Stored items

*-*-*

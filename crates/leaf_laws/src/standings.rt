//! Where a search stands, both ways.
ghost use Rattle.std.specs.Prelude.{◌≡◌, ◌↔◌, ℕ, true, List, Contains, Some};
ghost use Rattle.weight_exact.specs.Weights.{hypotheses};
ghost use Rattle.farm_entry.specs.History.{openings, was_cancelled};
ghost use Rattle.farm_entry.specs.Legal.{IsLegal};
ghost use Rattle.farm_entry.specs.Setup.{setup_of};
ghost use Rattle.farm_entry.specs.Standing.{standing};
ghost use Rattle.farm_entry.specs.declared.standing.Standing.TheVariants.{Searching, Verifying, Confirmed, Vindicated, NoCulprit, Inconclusive, Cancelled};
ghost use Rattle.farm_laws.specs.Laws.{culprit_of};
ghost use Rattle.leaf_laws.specs.Stands.{IsAtBar, IsBeingRerun, IsBorneOut, IsInconclusive, IsNamed, IsOpen, IsSpokenAgainst, IsUndecided, IsUnprovable};

use farm_entry::{Entry, Opening};

/// A standing names a suspect, or "no culprit", exactly where that hypothesis is at the bar over the counted runs and
/// the search is neither cancelled nor over its budget, but for a suspect that lacks reruns which can't be made any
/// more. A search goes on searching exactly where none is, and none are together that skipped positions alone part; and
/// while it does some position is open.
pub fn beliefs_decide_standings()
    ensures suspect { (H : List Entry) (o : Opening) (suspect : ℕ) → IsLegal H → Contains (openings H) o
        → (culprit_of (standing H o) ≡ Some suspect) ↔ (IsNamed H o suspect × ¬ IsUnprovable H o suspect) }
    ensures no_culprit { (H : List Entry) (o : Opening) → IsLegal H → Contains (openings H) o
        → (standing H o ≡ NoCulprit) ↔ IsAtBar H o (hypotheses (setup_of o)) }
    ensures searching { (H : List Entry) (o : Opening) → IsLegal H → Contains (openings H) o
        → (standing H o ≡ Searching) ↔ IsUndecided H o }
    ensures some_open { (H : List Entry) (o : Opening) → IsLegal H → Contains (openings H) o
        → standing H o ≡ Searching → (position : ℕ) × IsOpen H o position }
{}

/// A search that was cancelled stands so, whatever else. It is inconclusive exactly where it wasn't and a report went
/// over its budget; or no hypothesis is at the bar, and no position is open or hypotheses that skipped positions alone
/// part are at the bar together; or the suspect at the bar isn't confirmed, isn't vindicated, and lacks reruns at a
/// skipped position.
pub fn entries_end_searches()
    ensures cancelled { (H : List Entry) (o : Opening)
        → (standing H o ≡ Cancelled) ↔ (was_cancelled H o.search ≡ true) }
    ensures inconclusive { (H : List Entry) (o : Opening) → IsLegal H → Contains (openings H) o
        → (standing H o ≡ Inconclusive) ↔ IsInconclusive H o }
{}

/// A named suspect is vindicated exactly where a rerun spoke against it, confirmed exactly where none did and each
/// side has the reruns that were asked for, and verified exactly where none did and some side lacks reruns, none of
/// them at a skipped position.
pub fn named_suspects_stand_by_their_reruns()
    ensures vindicated { (H : List Entry) (o : Opening) (suspect : ℕ) → IsLegal H → Contains (openings H) o
        → (standing H o ≡ Vindicated suspect) ↔ IsSpokenAgainst H o suspect }
    ensures confirmed { (H : List Entry) (o : Opening) (suspect : ℕ) → IsLegal H → Contains (openings H) o
        → (standing H o ≡ Confirmed suspect) ↔ IsBorneOut H o suspect }
    ensures verifying { (H : List Entry) (o : Opening) (suspect : ℕ) → IsLegal H → Contains (openings H) o
        → (standing H o ≡ Verifying suspect) ↔ IsBeingRerun H o suspect }
{}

*-*-*

_Assigned task:_
All lines above are to be transcribed exactly.

_Response below:_
filename crates/leaf_laws/src/standings.rt
//! Where a search stands, both ways.
ghost use Rattle.std.specs.Prelude.{◌≡◌, ◌↔◌, ℕ, true, List, Contains, Some};
ghost use Rattle.weight_exact.specs.Weights.{hypotheses};
ghost use Rattle.farm_entry.specs.History.{openings, was_cancelled};
ghost use Rattle.farm_entry.specs.Legal.{IsLegal};
ghost use Rattle.farm_entry.specs.Setup.{setup_of};
ghost use Rattle.farm_entry.specs.Standing.{standing};
ghost use Rattle.farm_entry.specs.declared.standing.Standing.TheVariants.{Searching, Verifying, Confirmed, Vindicated, NoCulprit, Inconclusive, Cancelled};
ghost use Rattle.farm_laws.specs.Laws.{culprit_of};
ghost use Rattle.leaf_laws.specs.Stands.{IsAtBar, IsBeingRerun, IsBorneOut, IsInconclusive, IsNamed, IsOpen, IsSpokenAgainst, IsUndecided, IsUnprovable};

use farm_entry::{Entry, Opening};

/// A standing names a suspect, or "no culprit", exactly where that hypothesis is at the bar over the counted runs and
/// the search is neither cancelled nor over its budget, but for a suspect that lacks reruns which can't be made any
/// more. A search goes on searching exactly where none is, and none are together that skipped positions alone part; and
/// while it does some position is open.
pub fn beliefs_decide_standings()
    ensures suspect { (H : List Entry) (o : Opening) (suspect : ℕ) → IsLegal H → Contains (openings H) o
        → (culprit_of (standing H o) ≡ Some suspect) ↔ (IsNamed H o suspect × ¬ IsUnprovable H o suspect) }
    ensures no_culprit { (H : List Entry) (o : Opening) → IsLegal H → Contains (openings H) o
        → (standing H o ≡ NoCulprit) ↔ IsAtBar H o (hypotheses (setup_of o)) }
    ensures searching { (H : List Entry) (o : Opening) → IsLegal H → Contains (openings H) o
        → (standing H o ≡ Searching) ↔ IsUndecided H o }
    ensures some_open { (H : List Entry) (o : Opening) → IsLegal H → Contains (openings H) o
        → standing H o ≡ Searching → (position : ℕ) × IsOpen H o position }
{}

/// A search that was cancelled stands so, whatever else. It is inconclusive exactly where it wasn't and a report went
/// over its budget; or no hypothesis is at the bar, and no position is open or hypotheses that skipped positions alone
/// part are at the bar together; or the suspect at the bar isn't confirmed, isn't vindicated, and lacks reruns at a
/// skipped position.
pub fn entries_end_searches()
    ensures cancelled { (H : List Entry) (o : Opening)
        → (standing H o ≡ Cancelled) ↔ (was_cancelled H o.search ≡ true) }
    ensures inconclusive { (H : List Entry) (o : Opening) → IsLegal H → Contains (openings H) o
        → (standing H o ≡ Inconclusive) ↔ IsInconclusive H o }
{}

/// A named suspect is vindicated exactly where a rerun spoke against it, confirmed exactly where none did and each
/// side has the reruns that were asked for, and verified exactly where none did and some side lacks reruns, none of
/// them at a skipped position.
pub fn named_suspects_stand_by_their_reruns()
    ensures vindicated { (H : List Entry) (o : Opening) (suspect : ℕ) → IsLegal H → Contains (openings H) o
        → (standing H o ≡ Vindicated suspect) ↔ IsSpokenAgainst H o suspect }
    ensures confirmed { (H : List Entry) (o : Opening) (suspect : ℕ) → IsLegal H → Contains (openings H) o
        → (standing H o ≡ Confirmed suspect) ↔ IsBorneOut H o suspect }
    ensures verifying { (H : List Entry) (o : Opening) (suspect : ℕ) → IsLegal H → Contains (openings H) o
        → (standing H o ≡ Verifying suspect) ↔ IsBeingRerun H o suspect }
{}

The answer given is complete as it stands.